Paul Lachine

¿Sumisión o cooperación en Asia?

TOKIO – Cuando el primer viaje de un presidente estadounidense al exterior luego de su relección es a Asia, uno puede estar seguro de que algo grande está en marcha en la región. De hecho, la decisión de Barack Obama de ir primero a Myanmar (Birmania), un país empobrecido y durante mucho tiempo aislado, es un testimonio de la fuerza de los cambios en curso en ese país -y de la conciencia por parte de Estados Unidos de los esfuerzos de China por hacer que Asia se doblegue ante sus intereses económicos y de política exterior.

Los acontecimientos en las cumbres de líderes de la ASEAN y del este de Asia en Phnom Penh, la otra parada clave en la gira de Obama, lo confirmó. En la conclusión de la cumbre de la ASEAN, el primer ministro de Camboya, Hun Sen, un ex comandante del Khmer Rouge que ha gobernado su país con mano de hierro durante tres décadas, cerró la reunión proclamando que todos los líderes habían acordado no "internacionalizar" las disputas de soberanía por las islas en el Mar de China Meridional.
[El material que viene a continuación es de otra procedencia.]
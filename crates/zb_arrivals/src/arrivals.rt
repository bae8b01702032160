ghost use Rattle.std.specs.Prelude.{◌≡◌, ◌≤◌, ◌<◌, ◌^◌, ◌==◌, ◌++◌, ◌∷◌, [], true, IsTrue, OnOk, filter, length, map};
ghost use Rattle.std.specs.List.{find};
ghost use Rattle.std.specs.Option.{option_copied, option_map_or};
ghost use Rattle.zb_table.specs.Rows.{Ascend, are_below};
ghost use Rattle.zb_table.specs.Edits.{edited, without_first};
ghost use Rattle.zb_table.specs.Greatest.{greatest};

use crate::others::{self, HasKey};
use std::alloc::{AllocError, Global};
use std::marker::Model;
use zb_base::Key;
use zb_table::{Edit, Query, Row, Table};

// How many rows memory has room for, at most.
const MOST: usize = usize::MAX / 2;

/// Rows in the order in which they came. Contracts see the list of them. As long as each comes with a greater key than
/// all before it, they stand in a table, and what is said of costs holds; from the first on that doesn't, those that
/// come are searched from the front.
#[derive(Drop)]
pub struct Arrivals<R: Row> {
    // Those that came in the order of their keys.
    ordered: Table<R>,
    // A number above their keys.
    next: u64,
    // Those that came from the first on that didn't.
    others: Vec<R>,
}

impl<R: Row> Model for Arrivals<R> {
    ghost use Rattle.std.specs.Prelude as prelude;
    ghost use Rattle.zb_arrivals.specs.InOrder.{IsInOrder};

    ghost Value = { prelude.List R };

    ghost view = { λ a. prelude.◌++◌ a.ordered a.others.items };

    ghost invariant = { λ a. IsInOrder R.key_in a.next a.ordered };
}

impl<R: Row> Arrivals<R> {
    /// No rows. It takes no memory.
    pub fn empty(alloc: Global) -> Arrivals<R>
        ensures { result ≡ [] }
    {
        Arrivals {
            ordered: Table::empty(alloc),
            next: 0,
            others: Vec::new(alloc),
        }
    }

    /// How many rows there are.
    pub fn len(&self) -> usize
        ensures { result ≡ length self.now }
    {
        self.ordered.len() + self.others.len()
    }

    /// The first row with this key. It takes the logarithm of how many rows there are.
    pub fn get(&self, key: Key) -> Option<&R>
        ensures { option_copied result ≡ find (λ r. R.key_in r == key) self.now }
    {
        match self.ordered.get(key) {
            Some(row) => Some(row),
            None => others::first(&HasKey { key }, &self.others),
        }
    }

    /// Whether a key is known to be greater than all, where those ascend.
    pub fn comes_last(&self, key: Key) -> bool
        ensures below { IsTrue result → are_below R.key_in key self.now ≡ true }
        ensures order { IsTrue result → Ascend R.key_in 0 self.now }
    {
        is_behind(key, self.next, &self.others)
    }

    /// Adds a row behind the others. After a refusal the rows are only dropped.
    pub fn push(&mut self, row: R) -> Result<(), AllocError>
        ensures added { OnOk result (self.new ≡ self.old ++ row ∷ []) }
        ensures few { OnOk result (length self.new < 2 ^ 64) }
    {
        let key = row.key();
        match key.number().checked_add(1) {
            Some(next) if is_behind(key, self.next, &self.others) => {
                if self.ordered.len() == MOST {
                    return Err(AllocError);
                }
                self.ordered.add(row)?;
                self.next = next;
                Ok(())
            }
            _ => {
                self.others.push(row)?;
                Ok(())
            }
        }
    }

    /// Edits the first row with this key, if there is one. After a refusal the rows are only dropped. It takes the
    /// logarithm of how many rows there are, and what the edit takes.
    pub fn edit<E: Edit<R>>(&mut self, key: Key, edit: E) -> Result<(), AllocError>
        ensures { OnOk result (self.new ≡ option_map_or (λ rows. rows) (edited (λ r. R.key_in r == key) (E.edits edit) self.old) self.old) }
    {
        if self.ordered.contains(key) {
            return self.ordered.edit(key, edit);
        }
        others::edit(&HasKey { key }, edit, &mut self.others)
    }

    /// Takes away the first row with this key, if there is one. It takes the logarithm of how many rows there are, on
    /// average.
    pub fn remove(&mut self, key: Key)
        ensures { self.new ≡ without_first (λ r. R.key_in r == key) self.old }
    {
        match self.ordered.take(key) {
            Some(_row) => {}
            None => others::remove_first(&HasKey { key }, &mut self.others),
        }
    }

    /// The first row that passes. It goes through the rows up to it.
    pub fn first<Q: Query<R>>(&self, query: &Q) -> Option<&R>
        ensures { option_copied result ≡ find (Q.passes query.now) self.now }
    {
        match self.ordered.first_key(query) {
            Some(key) => self.ordered.get(key),
            None => others::first(query, &self.others),
        }
    }

    /// Takes away the first row that passes, if one does. It goes through the rows up to it.
    pub fn remove_first<Q: Query<R>>(&mut self, query: &Q)
        ensures { self.new ≡ without_first (Q.passes query.now) self.old }
    {
        match self.ordered.first_key(query) {
            Some(key) => self.remove(key),
            None => others::remove_first(query, &mut self.others),
        }
    }

    /// The greatest key of the rows that pass. It goes from the last row back to the first that passes.
    pub fn greatest<Q: Query<R>>(&self, query: &Q) -> Option<Key>
        ensures { result ≡ greatest (map R.key_in (filter (Q.passes query.now) self.now)) }
    {
        others::newer_of(
            self.ordered.last_key(query),
            others::greatest(query, &self.others),
        )
    }
}

// Whether there are no other rows, and a key isn't below the next one.
fn is_behind<R: Row>(key: Key, next: u64, others: &[R]) -> bool
    ensures none { IsTrue result → others.now ≡ [] }
    ensures behind { IsTrue result → next ≤ key }
{
    others.is_empty() && next <= key.number()
}
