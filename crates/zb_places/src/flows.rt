// The flows into a node.
ghost use Rattle.std.specs.Prelude.{◌≡◌, map};
ghost use Rattle.zb_tokens.specs.declared.board.Spot.TheVariants as spots;
ghost use Rattle.zb_tokens.specs.Board.{flows_in};
ghost use Rattle.zb_tokens.specs.MoveEnter.{stand_at_each};
ghost use Rattle.zb_places.specs.Places.{held_tokens};

use crate::standing::stands_on;
use zb_base::Key;
use zb_graph::Graph;
use zb_groups::Groups;
use zb_tokens::Token;

/// Whether flows lead into a node, and in a scope a token is on each of them. It goes through the flows up to the first
/// on which none is, and costs for each what `stands_on` does.
pub fn are_on_each(model: &Graph, scope: Key, node: &str, tokens: &Groups<Token>) -> bool
    ensures { result ≡ stand_at_each scope (map spots.OnFlow (flows_in model.now node.now)) (held_tokens tokens.now) }
{
    let numbers = model.ins_of(node);
    for number in numbers {
        if !stands_on(scope, model.flow(*number).id.as_str(), tokens) {
            return false;
        }
    }
    !numbers.is_empty()
}
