ghost use Rattle.std.specs.Prelude.{◌≡◌, ◌≤◌, ◌↔◌, IfOk, IfSome, IsSome};
ghost use Rattle.zb_process.specs.Tree.{nesting, nesting_over, trees_of};
ghost use Rattle.zb_process.specs.ExprView.{tree_of};

use crate::Operator;
use std::alloc::{AllocError, Global};
use std::marker::Model;
use zb_base::{Text, TryCopy};

/// An expression. At most 64 expressions stand around one leaf.
#[cycle(expr)]
#[derive(Drop)]
pub struct Expr {
    pub node: ExprNode,
}

/// What an expression is made of.
#[cycle(expr)]
#[derive(Drop)]
pub enum ExprNode {
    Int(i64),
    Bool(bool),
    Text(Text),
    Name(Text),
    List(Vec<Expr>),
    Not(Box<Expr>),
    Minus(Box<Expr>),
    Binary(Operator, Box<Expr>, Box<Expr>),
}

impl Model for Expr {
    ghost use Rattle.std.specs.Prelude.{◌≤◌};
    ghost use Rattle.zb_process.specs.Tree.{Tree, nesting};
    ghost use Rattle.zb_process.specs.TreeCode.{tree_code};

    ghost Value = { Tree };

    ghost coded = { tree_code };

    ghost use Rattle.zb_process.specs.ExprView.{tree_of};

    ghost view = { λ e. tree_of e.node };

    ghost invariant = { λ e. nesting (tree_of e.node) ≤ 64 };

    ghost size = { nesting };

    ghost use Rattle.zb_process.specs.ExprLaws.{parts_below};

    ghost size_decreases = { λ e h. parts_below e.node };
}

impl Expr {
    /// How many expressions may stand around one leaf.
    pub const MOST_NESTED: u64 = 64;

    /// The expression that is made of this node. None where more than 64 expressions would stand around a leaf.
    /// It takes a step for each expression in it.
    pub fn new(node: ExprNode) -> Option<Expr>
        ensures made { IfSome result (λ e. e ≡ tree_of node) }
        ensures fits { IsSome result ↔ (nesting (tree_of node) ≤ 64) }
    {
        if node_nesting(&node) <= Expr::MOST_NESTED {
            Some(Expr { node })
        } else {
            None
        }
    }

    /// How many expressions stand around the leaf that has the most. A list without members is a leaf.
    /// It takes a step for each expression in it.
    #[cycle(nesting)]
    pub fn nesting(&self) -> u64
        ensures value { result ≡ nesting self.now }
        ensures few { result ≤ 64 }
    {
        node_nesting(&self.node)
    }
}

impl TryCopy for Expr {
    fn copy(&self, alloc: Global) -> Result<Expr, AllocError> {
        copy_expr(self, alloc)
    }
}

#[cycle(copy)]
fn copy_expr(expr: &Expr, alloc: Global) -> Result<Expr, AllocError>
    ensures { IfOk result (λ copy. copy ≡ expr.now) }
{
    Ok(Expr {
        node: copy_node(&expr.node, alloc)?,
    })
}

#[cycle(nesting)]
fn node_nesting(node: &ExprNode) -> u64
    ensures { result ≡ nesting (tree_of node.now) }
{
    match node {
        ExprNode::Int(_) | ExprNode::Bool(_) | ExprNode::Text(_) | ExprNode::Name(_) => 0,
        ExprNode::List(members) => members_nesting(members.as_slice()),
        ExprNode::Not(operand) => operand.nesting() + 1,
        ExprNode::Minus(operand) => operand.nesting() + 1,
        ExprNode::Binary(_, left, right) => left.nesting().max(right.nesting()) + 1,
    }
}

#[cycle(nesting)]
#[tactic(auto, using(crate::proofs::NestingLemmas::members))]
fn members_nesting(members: &[Expr]) -> u64
    ensures { result ≡ nesting_over (trees_of members.now) }
{
    let mut most = 0;
    for member in members {
        most = most.max(member.nesting() + 1);
    }
    most
}

#[cycle(copy)]
fn copy_node(node: &ExprNode, alloc: Global) -> Result<ExprNode, AllocError>
    ensures { IfOk result (λ copy. tree_of copy ≡ tree_of node.now) }
{
    match node {
        ExprNode::Int(number) => Ok(ExprNode::Int(*number)),
        ExprNode::Bool(flag) => Ok(ExprNode::Bool(*flag)),
        ExprNode::Text(text) => Ok(ExprNode::Text(text.copy(alloc)?)),
        ExprNode::Name(name) => Ok(ExprNode::Name(name.copy(alloc)?)),
        ExprNode::List(members) => Ok(ExprNode::List(copy_members(members.as_slice(), alloc)?)),
        ExprNode::Not(operand) => Ok(ExprNode::Not(Box::new(alloc, copy_expr(operand, alloc)?)?)),
        ExprNode::Minus(operand) => Ok(ExprNode::Minus(Box::new(
            alloc,
            copy_expr(operand, alloc)?,
        )?)),
        ExprNode::Binary(operator, left, right) => Ok(ExprNode::Binary(
            *operator,
            Box::new(alloc, copy_expr(left, alloc)?)?,
            Box::new(alloc, copy_expr(right, alloc)?)?,
        )),
    }
}

#[cycle(copy)]
#[tactic(auto, using(crate::proofs::NestingLemmas::members))]
fn copy_members(members: &[Expr], alloc: Global) -> Result<Vec<Expr>, AllocError>
    ensures { IfOk result (λ copy. copy.items ≡ members.now) }
{
    let mut copies = Vec::with_capacity(alloc, members.len())?;
    for member in members {
        copies.push(copy_expr(member, alloc)?)?;
    }
    Ok(copies)
}
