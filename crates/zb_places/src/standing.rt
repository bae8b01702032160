// Where tokens stand.
ghost use Rattle.std.specs.Prelude.{◌≡◌, ◌==◌, option_map};
ghost use Rattle.std.specs.List.{list_any};
ghost use Rattle.zb_table.specs.Rows.{Ascend};
ghost use Rattle.zb_tokens.specs.declared.board.Spot.TheVariants as spots;
ghost use Rattle.zb_tokens.specs.Board.{spot_of};
ghost use Rattle.zb_tokens.specs.MoveEnter.{stands_at};
ghost use Rattle.zb_places.specs.Places.{first_there, held_tokens};

use crate::place::{Place, SpotRef};
use zb_base::Key;
use zb_groups::Groups;
use zb_tokens::Token;

/// Whether a token is in a scope. It takes the logarithm of how many tokens there are.
pub fn has_token_in(scope: Key, tokens: &Groups<Token>) -> bool
    ensures { result ≡ list_any (λ t. t.scope == scope) (held_tokens tokens.now) }
{
    tokens.has(scope)
}

/// The number of the first token at a place. It takes the logarithm of how many tokens there are, on average.
pub fn first_at(place: &Place, tokens: &Groups<Token>) -> Option<Key>
    ensures first { result ≡ option_map (λ h. h.number) (first_there place.now.scope place.now.spot tokens.now) }
    ensures order { Ascend (λ h. h.number) 0 tokens.now }
{
    tokens.first_at(place.number(), place)
}

/// Whether a token stands at a place. It costs what `first_at` does.
pub fn stands(place: &Place, tokens: &Groups<Token>) -> bool
    ensures { result ≡ list_any (stands_at place.now.scope place.now.spot) (held_tokens tokens.now) }
{
    first_at(place, tokens).is_some()
}

/// Whether a token in a scope comes to a node by a flow, or stands before it where there is none. It costs what `first_at`
/// does.
pub fn stands_coming(scope: Key, node: &str, via: &str, tokens: &Groups<Token>) -> bool
    ensures { result ≡ list_any (stands_at scope (spot_of via.now node.now)) (held_tokens tokens.now) }
{
    let spot = SpotRef::coming(node, via);
    stands(&Place { scope, spot }, tokens)
}

/// Whether a token in a scope is on a flow. It costs what `first_at` does.
pub fn stands_on(scope: Key, flow: &str, tokens: &Groups<Token>) -> bool
    ensures { result ≡ list_any (stands_at scope (spots.OnFlow flow.now)) (held_tokens tokens.now) }
{
    let spot = SpotRef::on(flow);
    stands(&Place { scope, spot }, tokens)
}
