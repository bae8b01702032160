ghost use Rattle.std.specs.Prelude.{◌≡◌, ◌⊎◌, ◌<◌, ◌≤◌, ◌+◌, ◌++◌, ◌∷◌, ◌^◌, ℕ, List, [], length, max};
ghost use Rattle.std.specs.Prelude.{IsTrue, IsFalse, IsOk, IsErr, IfErr, IfOk, IfSome, IfNone, OnErr, OnOk};
ghost use Rattle.std.specs.Prelude.{IsErrOf, None, Err};
ghost use Rattle.zb_disk.specs.Disk.{Only};
ghost use Rattle.zb_model.specs.declared.record.Batch.{Batch};
ghost use Rattle.zb_model.specs.Record.{bytes_of};
ghost use Rattle.zb_model.specs.RecordFits.{IsBatch};
ghost use Rattle.zb_store.specs.Calls.{OnlyReads, OnlyOpens};
ghost use Rattle.zb_store.specs.GateLog as gates;
ghost use Rattle.zb_store.specs.Scan.{disk_of_scan, limit_of_scan};
ghost use Rattle.zb_store.specs.Log.{framed};
ghost use Rattle.zb_views.specs.View.{events_of};
ghost use Rattle.zb_record.specs.Packets.{outbox_of, first_packet};
ghost use Rattle.zb_rules.specs.Due.{due_command};
ghost use Rattle.zb_rules.specs.Own.{IsSupported};
ghost use Rattle.zb_rules.specs.Continue.{is_quiet};
ghost use Rattle.zb_rules.specs.Step.{IsStep};
ghost use Rattle.zb_partition.specs.Fault.{IsDiskCause};
ghost use Rattle.zb_partition.specs.Reading.{IsAtStart};
ghost use Rattle.zb_partition.specs.Log.{IsBadAt};
ghost use Rattle.zb_partition.specs.Stopping.{IsOfCommand};
ghost use Rattle.zb_partition.specs.Stopping.{IsTooLong, stop_of};

use crate::fault::OpenFault;
use crate::opening::read_state;
use crate::record::put_frame;
use std::alloc::{AllocError, Global};
use std::mem;
use zb_disk::Disk;
use zb_model::{Batch, Command, Moment, Packet, PartitionId, Stop};
use zb_state::{Refusal, State};
use zb_step::outcome_of;
use zb_store::{GateLog, Scan, StoreFault, Volume};

// How many bytes a frame has beyond its body: the length in front, and the gate behind.
const FRAME_BYTES: u64 = 9;

/// A partition: its volume, and what the events of its log come to. Its clauses hold for all lists of batches
/// that its log may be.
#[derive(Drop)]
pub struct Partition<D: Disk> {
    log: GateLog<D>,
    snap_a: D,
    snap_b: D,
    state: State,
    // How many partitions there are.
    partitions: u32,
    last_moment: Moment,
    live: bool,
    in_writing: Option<Batch>,
    // The frame of the batch that was written last.
    frame: Vec<u8>,
    ghost whole: { IsTrue live → IsTrue (gates.is_whole_log log) },
    ghost sound: { IsTrue live → IsTrue (gates.is_sound log) },
    ghost limited: { gates.limit_of_log log ≤ 2 ^ 32 },
    ghost counted: { partitions ≤ 16 },
    ghost resting: { IsTrue live → in_writing ≡ None },
}

/// What is left of a partition.
#[derive(Drop)]
pub struct Stopped<D> {
    /// Its files.
    pub volume: Volume<D>,
    /// The batch for which calls of the disk were made when it stopped. At the next opening the log has it or
    /// hasn't it.
    pub in_writing: Option<Batch>,
}
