//! Process models and their expressions: how they are copied, and how they stand in bytes.
#![tactic(auto)]

mod copies;
mod expr;
mod expression;
mod kind;
mod model;
mod operator;

pub use expr::{Expr, ExprNode};
pub use model::{Flow, Mapping, Model, Multi, Node, NodeKind};
pub use operator::Operator;
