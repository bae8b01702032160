// Which tokens have come to a node.
ghost use Rattle.std.specs.Prelude.{◌≡◌, true};
ghost use Rattle.zb_tokens.specs.Board.{leads_to};
ghost use Rattle.zb_tokens.specs.Forced.{way_by};
ghost use Rattle.zb_tokens.specs.MoveEnter.{has_come, joins};
ghost use Rattle.zb_places.specs.Places.{comes_in, held_tokens};

use crate::flows::are_on_each;
use crate::standing::stands_coming;
use zb_base::Key;
use zb_faults::is_parallel_gateway;
use zb_graph::Graph;
use zb_groups::Groups;
use zb_tokens::{Spot, Token};

/// Whether in a model the tokens have come that a token needs to enter its node. It costs what `has_come` does.
pub fn comes(model: &Graph, tokens: &Groups<Token>, token: &Token) -> bool
    ensures { result ≡ comes_in model.now (held_tokens tokens.now) token.now }
{
    match &token.spot {
        Spot::BeforeNode(node) => has_come(model, tokens, token.scope, node.as_str(), ""),
        Spot::OnFlow(id) => match model.flow_with(id.as_str()) {
            Some(flow) => {
                let node = flow.to.as_str();
                has_come_by(model, tokens, token.scope, node, id.as_str())
            }
            None => false,
        },
    }
}

// Whether tokens have come for the node at the end of a flow to be entered by it, or by none where flows join there.
fn has_come_by(model: &Graph, tokens: &Groups<Token>, scope: Key, node: &str, flow: &str) -> bool
    requires { leads_to model.now flow.now node.now ≡ true }
    ensures { result ≡ has_come model.now (held_tokens tokens.now) scope node.now (way_by model.now node.now flow.now) }
{
    match model.node_with(node) {
        Some(found) => {
            if is_parallel_gateway(found.kind) {
                return are_on_each(model, scope, node, tokens);
            }
            stands_coming(scope, node, flow, tokens)
        }
        None => false,
    }
}

/// Whether tokens have come for a node to be entered by a flow. It costs what `stands_coming` does; at a gateway where
/// flows join, what `are_on_each` does.
pub fn has_come(model: &Graph, tokens: &Groups<Token>, scope: Key, node: &str, via: &str) -> bool
    ensures { result ≡ has_come model.now (held_tokens tokens.now) scope node.now via.now }
{
    match model.node_with(node) {
        Some(found) => {
            if is_parallel_gateway(found.kind) {
                return via.is_empty() && are_on_each(model, scope, node, tokens);
            }
            (via.is_empty() || leads_to(model, via, node))
                && stands_coming(scope, node, via, tokens)
        }
        None => false,
    }
}

/// The flow by which a token enters a node; none where flows join there.
pub fn way_by<'a>(model: &Graph, node: &str, flow: &'a str) -> &'a str
    ensures { result.now ≡ way_by model.now node.now flow.now }
{
    if joins(model, node) { "" } else { flow }
}

/// Whether flows join at the node with an id.
pub fn joins(model: &Graph, id: &str) -> bool
    ensures { result ≡ joins model.now id.now }
{
    match model.node_with(id) {
        Some(node) => is_parallel_gateway(node.kind),
        None => false,
    }
}

// Whether a flow leads to a node.
fn leads_to(model: &Graph, flow: &str, node: &str) -> bool
    ensures { result ≡ leads_to model.now flow.now node.now }
{
    match model.flow_with(flow) {
        Some(found) => found.to.as_str() == node,
        None => false,
    }
}
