//! Rows in the order in which they came, found by their keys.
#![tactic(auto)]

mod arrivals;
mod copies;
mod others;

pub use arrivals::Arrivals;
pub use copies::copy_of;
El primer ministro chino, Wen Jiabao, presente en la cumbre para firmar nuevos acuerdos de miles de millones de dólares con Camboya, se sonrió y asintió con la cabeza en señal de acuerdo con esta aparente aceptación de los deseos chinos.

No tan rápido, dijo el presidente filipino, Benigno S. Aquino III. No se había llegado a un tipo de acuerdo semejante. Hun Sen había tergiversado las discusiones entre los líderes de la ASEAN.